On the other hand, when the disease has a very high incidence, even a small difference in relative risk translates into high numbers of people who might be affected.
Odds Ratio
Sometimes a study will report an odds ratio instead of relative risk. This is common in a “case-control study,” in which researchers identify people with a disease or condition of interest and compare that group with another group that resembles the first but without the disease or condition. In such a study, the controls are not in place to determine relative risk. Instead, researchers can describe only probability or odds.
For example, imagine that researchers are looking at two groups of former lifeguards. One group contracted skin cancer, while the other group did not. By looking at the lifeguards’ use of the sunscreen zinc oxide, the researchers are able to calculate their odds of contracting skin cancer if they did or did not use zinc oxide. But, the researchers would not be able to calculate a generalized reduction in risk that using zinc oxide would provide to a random population.

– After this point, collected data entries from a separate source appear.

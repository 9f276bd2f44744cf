//! What holds of the definitions alone: how a recorded stream is read.

ghost use Rattle.std.specs.Prelude.{◌≡◌};
ghost use Rattle.qo_record.specs.declared.windows.TheConstants.{AHEAD_BYTES};
ghost use Rattle.qo_record.specs.Laws.{DemosAreRead, EntriesAreSpelled, FirstDraw, HeaderIsNeeded, InputsAreFew, SpelledStreamsAreRead, StreamsAreLongest};

/// An entry is read exactly where it is spelled and may stand, whatever follows it.
pub fn law_entries()
    ensures { EntriesAreSpelled }
{}

/// After a header of either version the entries of a stream are the longest list of whole ones, and the bad place is that
/// of what is left.
pub fn law_streams()
    ensures { StreamsAreLongest }
{}

/// Without a header a stream has no entries, and its bad place is 0.
pub fn law_header()
    ensures { HeaderIsNeeded }
{}

/// Entries that may stand are read from the stream that spells them, with nothing left.
pub fn law_spelled()
    ensures { SpelledStreamsAreRead }
{}

/// The end is no input of a stream, and there are no more inputs than bytes.
pub fn law_inputs()
    ensures { InputsAreFew }
{}

/// A demo record is read as the inputs of the demo, with nothing left; and the first draw of the seed 1.
pub fn law_demos()
    ensures read { DemosAreRead }
    ensures first { FirstDraw }
{}

/// How far a hub over a source reads ahead, in bytes: fewer than these are held.
pub fn law_ahead()
    ensures { AHEAD_BYTES ≡ 65700 }
{}
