//! Links that `qom-set` writes.

ghost use Rattle.std.specs.Prelude.{◌≡◌, ◌++◌, ℕ, false, if◌then◌else◌, List, [], ◌∷◌, map, None, Some, option_map, slice_get, IfOk, IfSome, OnOk};
ghost use Rattle.std.specs.Option.{option_and_then, option_map_or};
ghost use Rattle.serde_json.specs.Data.{string};
ghost use Rattle.serde_json.specs.View.{view};
ghost use Rattle.qo_heap.specs.Board.{Shows};
ghost use Rattle.qo_heap.specs.Rows.{IsLive};
ghost use Rattle.qo_model.specs.Board.{Board, slots_at};
ghost use Rattle.qo_model.specs.Properties.{may_set, property_named};
ghost use Rattle.qo_object.specs.BoardObject.{birth_of, shown_slot};
ghost use Rattle.qo_object.specs.Slots.{target_of};
ghost use Rattle.qo_save.specs.Described.{is_link, is_set, link_item, link_to};
ghost use Rattle.qo_save.specs.Description.{link_data, link_names, named};
ghost use Rattle.qo_model.specs.Board as tree;
ghost use Rattle.qo_describe.specs.Told.{entry_told, link_entry, link_told};
ghost use Rattle.qo_describe.specs.declared.parts.Part.TheVariants.{Links};

use qo_heap::{Heap, Oid, Slot, Steps};
use qo_model::Access;
use qo_properties::path_text;
use qo_types::TypeTable;
use qo_values::TypeId;
use serde_json::{Value, json};
use std::alloc::{AllocError, Global};
use std::sync::ledger::Ledger;

/// Whether `qom-set` and the adding command both write a property with this access.
fn may_set(access: Access) -> bool
    ensures { result ≡ may_set access }
{
    match access {
        Access::Both => true,
        _ => false,
    }
}

/// Whether they write the property of a name of an object of a type.
fn is_written(kind: TypeId, name: &str) -> bool
    ensures { result ≡ option_map_or (λ p. may_set p.access) (property_named kind name.now) false }
{
    match TypeTable::board().property(kind, name) {
        Some(row) => may_set(row.access),
        None => false,
    }
}

/// Whether they write the property of a name of an object.
fn is_set<L: Ledger>(heap: &Heap, o: Oid, name: &str, steps: &mut Steps<L>) -> bool
    requires { IsLive heap.now.rows o }
    ensures { (b : Board) → Shows b heap.now → result ≡ is_set b o.birth name.now }
{
    is_written(heap.kind(o, steps), name)
}

/// The target of a slot that is a link.
fn linked(what: &Slot) -> Option<Oid>
    ensures linked { birth_of result ≡ (if is_link (shown_slot what.now) then tree.target_of (shown_slot what.now) else None) }
    ensures named { IfSome result (λ key. target_of what.now ≡ Some key) }
{
    match what {
        Slot::Link { target, .. } => *target,
        _ => None,
    }
}

/// The name and the target of the link in a slot of an object; `None` where no link stands there that is
/// written and has a target, and past the last slot.
fn link_at<'h, L: Ledger>(
    heap: &'h Heap,
    o: Oid,
    at: usize,
    steps: &mut Steps<L>,
) -> Option<(&'h str, Oid)>
    requires { IsLive heap.now.rows o }
    ensures link { (b : Board) → Shows b heap.now → option_map (λ l. (l.0.now, l.1.birth)) result ≡ option_and_then (link_entry b o.birth) (slice_get (slots_at b o.birth) at) }
    ensures live { IfSome result (λ l. IsLive heap.now.rows l.1) }
{
    heap.reveal_invariant();
    let slot = heap.slot_at(o, at, steps)?;
    let target = linked(slot.what)?;
    if is_set(heap, o, slot.name, steps) {
        return Some((slot.name, target));
    }
    None
}

/// A link as a JSON object.
fn link_json(alloc: Global, path: &str, property: &str, value: &str) -> Result<Value, AllocError>
    ensures { IfOk result (λ v. view v ≡ named link_names (string path.now ∷ string property.now ∷ string value.now ∷ [])) }
{
    json!(in alloc; {"path": path, "property": property, "value": value})
}

/// A link of an object to a target.
fn link_value<L: Ledger>(
    heap: &Heap,
    o: Oid,
    name: &str,
    target: Oid,
    alloc: Global,
    steps: &mut Steps<L>,
) -> Result<Value, AllocError>
    ensures { (b : Board) → Shows b heap.now → IfOk result (λ v. view v ≡ link_data (link_to b o.birth name.now target.birth)) }
{
    let path = path_text(heap, o, alloc, steps)?;
    let value = path_text(heap, target, alloc, steps)?;
    link_json(alloc, path.as_str(), name, value.as_str())
}

/// Adds the link in a slot of an object to a list, where one stands there.
fn push_link_at<L: Ledger>(
    heap: &Heap,
    o: Oid,
    at: usize,
    values: &mut Vec<Value>,
    alloc: Global,
    steps: &mut Steps<L>,
) -> Result<(), AllocError>
    requires { IsLive heap.now.rows o }
    ensures { OnOk result ((b : Board) → Shows b heap.now → map view values.new.items ≡ map view values.old.items ++ option_map_or link_told (option_and_then (link_item b o.birth) (slice_get (slots_at b o.birth) at)) []) }
{
    let Some((name, target)) = link_at(heap, o, at, steps) else {
        return Ok(());
    };
    values.push(link_value(heap, o, name, target, alloc, steps)?)?;
    Ok(())
}

/// Adds the links of an object to a list.
pub(crate) fn push_links<L: Ledger>(
    heap: &Heap,
    o: Oid,
    values: &mut Vec<Value>,
    alloc: Global,
    steps: &mut Steps<L>,
) -> Result<(), AllocError>
    requires { IsLive heap.now.rows o }
    ensures { OnOk result ((b : Board) → Shows b heap.now → (name : List ℕ) → map view values.new.items ≡ map view values.old.items ++ entry_told Links b (name, o.birth)) }
{
    let count = heap.slot_count(o, steps);
    for at in 0..count {
        push_link_at(heap, o, at, values, alloc, steps)?;
    }
    Ok(())
}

To further explore this odds-ratio example, let’s pretend that the “case study” group of lifeguards who contracted skin cancer is made up of 100 people, of which 10 used zinc oxide. The “control” group consists of 400 lifeguards, of whom 300 used zinc oxide. To calculate the odds ratio that will tell you if the application of zinc oxide is protective against skin cancer, you would first look at the number of lifeguards who used zinc oxide versus those who didn’t in the case-study group of lifeguards who contracted cancer. Then divide the result by the ratio between those who used zinc oxide and those who didn’t in the control group.
The math, then, is your zinc-oxide users (10) divided by your non-zinc-oxide users in the case study’s cancer group (90) which is 0.11 (or 1 in 9). Next, divide the zinc-oxide users by the non-zinc-oxide users in the cancer-free group (300/100), to get 3. Finally, divide the first figure (0.11) by the second figure (3) to get 0.037, which is your odds ratio. You could say, “Lifeguards who use zinc oxide have 0.037 times the odds of getting skin cancer as lifeguards who do not use zinc oxide,” but that’s difficult to understand. Instead, divide the ratio into 1 and turn the sentence around to say more simply, “Lifeguards who do not use zinc oxide have 27 times the odds of getting skin cancer as lifeguards who do use zinc oxide.”
This is different from a risk assessment, since we don’t know the overall risk of getting skin cancer, nor were there controls for other factors. All we know is that, based on our made-up case study, the odds of getting skin cancer are 27 times higher for lifeguards who do not apply zinc oxide.
To summarize, when we calculate risk, we are looking at the number of cases within a population. But when calculating odds, we are comparing the cases with non-cases.